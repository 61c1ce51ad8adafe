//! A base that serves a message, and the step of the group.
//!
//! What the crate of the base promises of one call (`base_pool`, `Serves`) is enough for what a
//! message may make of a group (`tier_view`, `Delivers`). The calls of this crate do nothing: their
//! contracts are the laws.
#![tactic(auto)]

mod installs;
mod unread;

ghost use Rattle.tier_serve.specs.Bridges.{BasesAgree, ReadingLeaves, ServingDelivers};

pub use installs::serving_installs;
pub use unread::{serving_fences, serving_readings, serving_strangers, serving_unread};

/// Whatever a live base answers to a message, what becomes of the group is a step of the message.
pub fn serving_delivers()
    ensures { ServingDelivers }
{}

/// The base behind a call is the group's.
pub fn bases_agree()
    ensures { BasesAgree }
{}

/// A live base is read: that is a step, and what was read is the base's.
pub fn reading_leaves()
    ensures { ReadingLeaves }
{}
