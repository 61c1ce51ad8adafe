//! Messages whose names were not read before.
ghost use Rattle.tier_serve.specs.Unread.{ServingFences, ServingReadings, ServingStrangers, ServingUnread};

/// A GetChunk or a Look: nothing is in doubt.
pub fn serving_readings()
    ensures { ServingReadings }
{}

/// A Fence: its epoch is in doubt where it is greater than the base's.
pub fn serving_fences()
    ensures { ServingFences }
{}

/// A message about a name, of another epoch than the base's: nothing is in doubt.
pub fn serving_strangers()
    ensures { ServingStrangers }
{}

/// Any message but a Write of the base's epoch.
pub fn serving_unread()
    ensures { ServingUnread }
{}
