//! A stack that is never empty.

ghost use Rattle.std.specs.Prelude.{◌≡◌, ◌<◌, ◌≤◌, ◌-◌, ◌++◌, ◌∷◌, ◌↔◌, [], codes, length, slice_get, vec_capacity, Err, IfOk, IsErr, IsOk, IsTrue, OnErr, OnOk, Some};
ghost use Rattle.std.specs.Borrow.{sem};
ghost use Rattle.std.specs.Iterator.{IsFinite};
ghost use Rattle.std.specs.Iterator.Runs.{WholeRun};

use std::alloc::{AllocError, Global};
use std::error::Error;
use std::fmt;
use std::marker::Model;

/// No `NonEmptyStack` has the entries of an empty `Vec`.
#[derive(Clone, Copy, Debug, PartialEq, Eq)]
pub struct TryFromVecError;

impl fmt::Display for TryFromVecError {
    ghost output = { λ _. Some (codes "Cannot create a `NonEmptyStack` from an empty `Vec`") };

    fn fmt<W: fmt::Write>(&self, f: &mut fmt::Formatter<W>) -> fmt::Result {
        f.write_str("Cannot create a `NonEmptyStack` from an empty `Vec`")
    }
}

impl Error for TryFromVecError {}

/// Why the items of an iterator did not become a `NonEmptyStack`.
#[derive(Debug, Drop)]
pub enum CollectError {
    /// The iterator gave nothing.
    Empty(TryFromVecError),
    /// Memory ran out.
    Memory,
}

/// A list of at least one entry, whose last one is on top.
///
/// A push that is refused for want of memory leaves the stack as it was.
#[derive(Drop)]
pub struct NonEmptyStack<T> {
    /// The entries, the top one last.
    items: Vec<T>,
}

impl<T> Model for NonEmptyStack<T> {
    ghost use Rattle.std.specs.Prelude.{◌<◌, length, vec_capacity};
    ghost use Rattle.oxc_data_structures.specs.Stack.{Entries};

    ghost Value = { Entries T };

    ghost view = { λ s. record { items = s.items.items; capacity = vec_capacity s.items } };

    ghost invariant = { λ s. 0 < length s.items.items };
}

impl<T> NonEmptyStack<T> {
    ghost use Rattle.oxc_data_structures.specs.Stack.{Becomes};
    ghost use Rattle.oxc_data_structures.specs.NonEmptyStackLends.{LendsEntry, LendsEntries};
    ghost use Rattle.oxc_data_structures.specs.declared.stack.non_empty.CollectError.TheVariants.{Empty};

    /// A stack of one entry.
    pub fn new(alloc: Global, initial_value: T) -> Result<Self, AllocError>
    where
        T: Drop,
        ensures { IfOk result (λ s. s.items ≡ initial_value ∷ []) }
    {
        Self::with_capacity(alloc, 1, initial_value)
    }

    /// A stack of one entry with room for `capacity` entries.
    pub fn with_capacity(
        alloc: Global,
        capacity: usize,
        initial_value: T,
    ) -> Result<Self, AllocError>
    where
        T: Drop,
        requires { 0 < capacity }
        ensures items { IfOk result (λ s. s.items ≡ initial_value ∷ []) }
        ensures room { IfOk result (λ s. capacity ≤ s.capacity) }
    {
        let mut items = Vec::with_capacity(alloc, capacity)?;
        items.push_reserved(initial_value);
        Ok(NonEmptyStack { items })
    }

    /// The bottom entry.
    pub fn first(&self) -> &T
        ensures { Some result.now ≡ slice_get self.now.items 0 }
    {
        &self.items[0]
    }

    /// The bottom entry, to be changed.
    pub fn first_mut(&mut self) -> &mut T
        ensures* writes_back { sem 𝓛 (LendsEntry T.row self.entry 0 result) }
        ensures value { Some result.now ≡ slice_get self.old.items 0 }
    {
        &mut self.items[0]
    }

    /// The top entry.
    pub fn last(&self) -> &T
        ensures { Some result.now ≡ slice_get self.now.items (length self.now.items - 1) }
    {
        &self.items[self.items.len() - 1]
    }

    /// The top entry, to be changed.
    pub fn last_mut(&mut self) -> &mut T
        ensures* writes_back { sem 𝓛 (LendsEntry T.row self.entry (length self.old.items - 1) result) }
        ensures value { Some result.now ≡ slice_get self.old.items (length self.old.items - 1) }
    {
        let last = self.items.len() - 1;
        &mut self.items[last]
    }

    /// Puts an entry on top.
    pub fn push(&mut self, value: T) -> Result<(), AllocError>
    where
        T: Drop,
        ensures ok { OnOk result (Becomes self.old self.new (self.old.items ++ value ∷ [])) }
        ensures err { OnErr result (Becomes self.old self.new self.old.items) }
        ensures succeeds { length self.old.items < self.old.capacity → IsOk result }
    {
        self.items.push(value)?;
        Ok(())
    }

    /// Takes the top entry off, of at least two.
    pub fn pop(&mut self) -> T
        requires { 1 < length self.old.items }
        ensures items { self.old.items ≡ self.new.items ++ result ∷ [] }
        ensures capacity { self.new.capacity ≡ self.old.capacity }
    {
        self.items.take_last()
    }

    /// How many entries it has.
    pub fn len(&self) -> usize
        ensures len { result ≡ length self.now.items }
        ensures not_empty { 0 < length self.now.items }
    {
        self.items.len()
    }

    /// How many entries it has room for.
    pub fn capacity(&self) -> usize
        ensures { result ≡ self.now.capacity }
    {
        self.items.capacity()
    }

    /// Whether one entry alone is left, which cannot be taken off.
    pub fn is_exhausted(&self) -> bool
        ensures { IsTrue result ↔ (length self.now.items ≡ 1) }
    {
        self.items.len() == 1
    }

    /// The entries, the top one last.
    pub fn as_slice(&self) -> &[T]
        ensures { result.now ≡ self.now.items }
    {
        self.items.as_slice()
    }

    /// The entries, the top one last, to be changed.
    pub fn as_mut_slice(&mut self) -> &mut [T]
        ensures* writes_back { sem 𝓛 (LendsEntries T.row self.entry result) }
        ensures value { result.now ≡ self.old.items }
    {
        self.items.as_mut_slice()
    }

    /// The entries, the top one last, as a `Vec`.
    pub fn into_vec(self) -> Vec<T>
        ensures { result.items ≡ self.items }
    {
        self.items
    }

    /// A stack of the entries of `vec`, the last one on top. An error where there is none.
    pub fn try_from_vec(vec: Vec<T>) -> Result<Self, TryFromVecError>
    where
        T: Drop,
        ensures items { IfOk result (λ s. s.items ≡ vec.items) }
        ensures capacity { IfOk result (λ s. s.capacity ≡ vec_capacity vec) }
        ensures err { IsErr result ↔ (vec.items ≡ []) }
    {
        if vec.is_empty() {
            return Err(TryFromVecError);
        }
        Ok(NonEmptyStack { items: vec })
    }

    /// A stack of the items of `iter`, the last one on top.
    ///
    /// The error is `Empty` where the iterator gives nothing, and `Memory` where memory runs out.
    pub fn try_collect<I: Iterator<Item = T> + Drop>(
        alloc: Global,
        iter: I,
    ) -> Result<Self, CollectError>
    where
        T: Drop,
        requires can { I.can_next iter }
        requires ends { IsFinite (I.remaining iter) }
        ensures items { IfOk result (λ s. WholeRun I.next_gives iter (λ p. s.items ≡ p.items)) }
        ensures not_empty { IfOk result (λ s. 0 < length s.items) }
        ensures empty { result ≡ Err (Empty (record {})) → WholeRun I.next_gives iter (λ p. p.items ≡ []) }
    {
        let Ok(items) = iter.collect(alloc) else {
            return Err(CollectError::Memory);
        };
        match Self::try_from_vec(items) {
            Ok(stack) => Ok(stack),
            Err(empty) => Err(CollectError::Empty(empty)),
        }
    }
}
---
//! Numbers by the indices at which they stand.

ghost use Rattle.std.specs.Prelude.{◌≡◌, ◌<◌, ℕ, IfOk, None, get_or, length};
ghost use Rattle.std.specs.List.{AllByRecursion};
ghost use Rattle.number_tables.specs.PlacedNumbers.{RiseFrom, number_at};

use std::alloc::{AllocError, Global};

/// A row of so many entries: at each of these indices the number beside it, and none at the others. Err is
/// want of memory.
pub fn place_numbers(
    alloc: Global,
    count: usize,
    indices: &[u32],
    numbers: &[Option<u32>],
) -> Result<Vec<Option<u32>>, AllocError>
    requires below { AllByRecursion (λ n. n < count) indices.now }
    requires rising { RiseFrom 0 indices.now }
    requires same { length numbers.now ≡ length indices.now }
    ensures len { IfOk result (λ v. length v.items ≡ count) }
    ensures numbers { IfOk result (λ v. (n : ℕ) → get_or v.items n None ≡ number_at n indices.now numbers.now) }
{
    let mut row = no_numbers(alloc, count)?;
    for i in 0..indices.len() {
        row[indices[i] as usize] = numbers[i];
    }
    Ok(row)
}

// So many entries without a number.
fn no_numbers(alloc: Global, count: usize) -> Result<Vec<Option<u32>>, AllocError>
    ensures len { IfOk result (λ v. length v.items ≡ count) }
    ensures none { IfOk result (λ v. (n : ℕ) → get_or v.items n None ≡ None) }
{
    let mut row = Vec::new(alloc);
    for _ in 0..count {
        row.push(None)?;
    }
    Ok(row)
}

# The problem
Filter the entries down to the lines with the word "that" in them, and copy those lines.

# Result of the exercise
//! A base that serves a message, and the step of the group.
/// A live base is read: that is a step, and what was read is the base's.
//! A stack that is never empty.
/// A push that is refused for want of memory leaves the stack as it was.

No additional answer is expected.